The New York Daily News reports that Hollande wants to ban homework in France in a bid to enforce social equality. Hollande is acting on concerns that children from wealthier families may receive assistance from their parents, while disadvantaged children do not.

As Dave Barry would (hopefully) say, we are not making this up.

The French president announced the proposal as part of a larger set of education reforms at La Sorbonne in Paris last week. Schoolwork must be done at school “rather than in the home if we want to support the children and re-establish equality,” Hollande said, according to the Wall Street Journal.

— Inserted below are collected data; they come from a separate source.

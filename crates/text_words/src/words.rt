//! The words of a line, read one behind the other.

ghost use Rattle.std.specs.Prelude.{◌≡◌, ◌<◌, ◌≤◌, true, false, None, [], ◌∷◌, IfSome, length, slice_index, take};
ghost use Rattle.std.specs.List.{list_all};
ghost use Rattle.text_words.specs.Words.{is_in_word, words_of};

use std::marker::Model;

/// The words of a line that are left, from front to back, parted by one separator each. Contracts see them as the list
/// of their bytes.
#[derive(Drop)]
pub struct Words<'a> {
    left: &'a [u8],
    separator: u8,
    is_ended: bool,
}

impl<'a> Model for Words<'a> {
    ghost use Rattle.std.specs.Prelude.{List, ℕ, [], if◌then◌else◌};
    ghost use Rattle.text_words.specs.Words.{words_of};

    ghost Value = { List (List ℕ) };

    ghost view = { λ w. if w.is_ended then [] else words_of w.separator w.left.now };
}

impl<'a> Words<'a> {
    /// All words of a line: one more than it has separators, so a line of no bytes has one word of no bytes.
    pub fn new(line: &'a [u8], separator: u8) -> Words<'a>
        ensures { result ≡ words_of separator line.now }
    {
        Words {
            left: line,
            separator,
            is_ended: false,
        }
    }

    /// Whether no word is left.
    pub fn is_empty(&self) -> bool
        ensures yes { result ≡ true → self.now ≡ [] }
        ensures no { result ≡ false → 0 < length self.now }
    {
        self.is_ended
    }

    /// The next word, if one is left.
    #[tactic(auto, using(crate::proofs::Cuts::words_cut, crate::proofs::Cuts::words_end))]
    #[inline(always)]
    pub fn next(&mut self) -> Option<&'a [u8]>
        ensures some { IfSome result (λ word. self.old ≡ word.now ∷ self.new) }
        ensures none { result ≡ None → self.old ≡ [] }
        ensures end { result ≡ None → self.new ≡ [] }
    {
        if self.is_ended {
            return None;
        }
        let left = self.left;
        let end = before(left, self.separator);
        if end < left.len() {
            self.left = &left[end + 1..];
            Some(&left[..end])
        } else {
            self.is_ended = true;
            Some(left)
        }
    }
}

/// How many bytes stand before the first separator.
#[inline(always)]
fn before(bytes: &[u8], separator: u8) -> usize
    ensures within { result ≤ length bytes.now }
    ensures plain { list_all (is_in_word separator) (take result bytes.now) ≡ true }
    ensures end { result < length bytes.now → is_in_word separator (slice_index bytes.now result) ≡ false }
{
    for at in 0..bytes.len() {
        if bytes[at] == separator {
            return at;
        }
    }
    bytes.len()
}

The Wall Street Journal pointed to an Ifop poll which found that over two-thirds of the country opposes the ban. (Ifop, the French Institute of Public Opinion, is the leading publisher of French market surveys.)

Hollande’s proposed ban has some precedent in France. In the spring of 2012, The Guardian reported that a group of French parents and teachers had sought a two-week boycott of homework in schools. The group complained that homework amplifies inequalities among school-aged children. On top of that, they said, it’s tiresome.

“If the child hasn’t succeeded in doing the exercise at school, I don’t see how they’re going to succeed at home,” said Jean-Jacques Hazan, the president of France’s other main PTA equivalent, according to The Guardian. “In fact, we’re asking parents to do the work that should be done in lessons.”